L’accusato, dal canto suo, ha negato gli addebiti, precisando di aver solo preso il fucile dall’auto per riporlo nella sua rimessa in cortile: “Ho sentito i bambini piangere e mia moglie che urlava, dopo essere stata picchiata. Il fucile era nel mio laboratorio a trenta metri di distanza, ho detto qualcosa come ‘questa qui vuole una fucilata’ e ho fatto il gesto di andarlo a prendere, ma nient’altro”. In tutto questo, ha aggiunto, aveva comunque lasciato le cartucce sulla vettura. “L’avevo visto frugare, non so dire però se il fucile fosse carico” ha detto il marito della 54enne, presente ai fatti.
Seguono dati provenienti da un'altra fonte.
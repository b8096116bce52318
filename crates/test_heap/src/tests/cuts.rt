//! Pages that go back.

use super::heaps::{SMALL_PAGE, one_page, three_pages, two_lists};
use super::looks::Look::{Answers, BusyAt, Calls, Contains, Counts, FreeAt};
use super::looks::Said;
use super::steps::Step::{self, Alloc, Cut, Free, OnPages, See};
use super::steps::play;
use super::{BASE, FIRST_PAGE, PAGE};
use hp_base::Run;
use hp_heap::Heap;
use std::alloc::{AllocError, Global};
use std::test::Fail;

const LAST_PAGE: &[Step] = &[
    Alloc(1000, 2, Some(0x1_001f_fc00)),
    Cut(0x1_001f_fc00, None),
    Cut(BASE, None),
    Free(0x1_001f_fc00),
    Cut(0x1_001f_fc00, Some(FIRST_PAGE)),
    See(Counts(0, 0, 0)),
    See(Contains(BASE, None)),
    Cut(BASE, None),
    See(Calls(7)),
    See(Answers(2, Said::Nothing)),
    See(Answers(5, Said::Pages(FIRST_PAGE))),
];

#[test]
fn gives_the_last_page_back(rt: HostRuntime) -> Result<(), Fail> {
    play(one_page(rt.alloc()), LAST_PAGE)
}

const PADDED: &[Step] = &[
    Alloc(2_096_960, 2, Some(0x1_0000_00c0)),
    See(Counts(1, 0, PAGE)),
    Free(0x1_0000_00c0),
    Cut(0x1_0000_00c0, Some(FIRST_PAGE)),
    See(Counts(0, 0, 0)),
];

#[test]
fn gives_the_page_of_a_padded_element_back(rt: HostRuntime) -> Result<(), Fail> {
    play(one_page(rt.alloc()), PADDED)
}

const LAST: Run = Run {
    first: 2,
    addr: 0x1_0040_0000,
    ..FIRST_PAGE
};

const IN_FRONT: &[Step] = &[
    Alloc(4_194_240, 2, Some(0x1_0020_0040)),
    Alloc(2_096_960, 3, Some(0x1_0000_0080)),
    Free(0x1_0020_0040),
    Cut(0x1_0020_0040, Some(LAST)),
    See(Counts(1, 1, 2 * PAGE)),
    See(BusyAt(BASE, 2_097_088, 0, 2_096_960, 3)),
    See(FreeAt(0x1_001f_ffc0, 2_097_216, 6)),
];

#[test]
fn keeps_a_page_for_64_bytes_in_front(rt: HostRuntime) -> Result<(), Fail> {
    play(three_pages(rt.alloc()), IN_FRONT)
}

const MIDDLE: Run = Run {
    first: 1,
    addr: 0x1_0020_0000,
    ..FIRST_PAGE
};

const IN_MIDDLE: &[Step] = &[
    Alloc(1000, 2, Some(0x1_005f_fc00)),
    Alloc(0x40_0000, 3, Some(0x1_001f_fb80)),
    Alloc(1000, 4, Some(0x1_001f_f700)),
    Free(0x1_001f_fb80),
    Cut(0x1_001f_fb80, Some(MIDDLE)),
    See(Counts(2, 3, 2 * PAGE)),
    See(FreeAt(BASE, 2_094_720, 6)),
    See(FreeAt(0x1_001f_fb00, 1280, 9)),
    See(FreeAt(0x1_0040_0000, 0x1f_fb80, 8)),
];

#[test]
fn cuts_a_page_out_of_the_middle(rt: HostRuntime) -> Result<(), Fail> {
    play(three_pages(rt.alloc()), IN_MIDDLE)
}

const SMALL: Run = Run {
    list: 1,
    first: 0,
    count: 1,
    addr: 0x1_0020_0000,
    page: SMALL_PAGE,
    socket: 0,
};

const OWN_LIST: &[Step] = &[
    Alloc(1000, 3, Some(0x1_0023_fc00)),
    OnPages(1000, 0x1_0000, 4, Some(0x1_0023_f780)),
    Free(0x1_0023_fc00),
    Cut(0x1_0023_fc00, None),
    Free(0x1_0023_f780),
    Cut(0x1_0023_f780, Some(SMALL)),
    See(FreeAt(BASE, PAGE, 1)),
    See(Counts(0, 1, PAGE)),
];

#[test]
fn cuts_pages_of_their_own_list(rt: HostRuntime) -> Result<(), Fail> {
    play(two_lists(rt.alloc()), OWN_LIST)
}

// A heap of external memory, with room for a call.
fn external(alloc: Global) -> Result<Heap, AllocError> {
    let mut heap = Heap::vacant(alloc, 4);
    heap.reserve(1)?;
    Ok(heap)
}

#[test]
fn cuts_nothing_from_external_memory(rt: HostRuntime) -> Result<(), Fail> {
    let steps = [Cut(BASE, None), See(Calls(1))];
    play(external(rt.alloc()), steps.as_slice())
}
Un altro testimone, amico dell’imputato, era con lui quel giorno. Ha confermato di averlo visto bisticciare con la vicina, senza però comprendere cosa stessero dicendo. Non ci sarebbero state minacce con l’arma: “Ce l’aveva sotto braccio, a un certo punto non ho più visto la custodia”.
 
Questo particolare, soprattutto, aveva indotto il pubblico ministero a ritenere fondata l’accusa e a chiedere una sanzione pecuniaria. “Non è un fatto isolato e nemmeno una sciocchezza, è stata una minaccia grave” ha sostenuto l’avvocato di parte civile Stefano Barzelloni: “La minaccia si inserisce in un contesto di accuse reciproche e procedimenti pendenti”. L’avvocato Piero Jemina, difensore dell’imputato, ha negato che potesse esservi in quel contesto una vera minaccia: “Il fucile non è mai uscito dalla custodia, non si capisce allora cosa volesse ‘puntare’. Nessuno dei testi ha affermato che fosse carico. In definitiva vi era un oggetto scarico all’interno della custodia, non era da considerarsi in quel momento un’arma”.
 
Il giudice Lorenzo Labate ha infine comminato all’imputato una multa di 800 euro.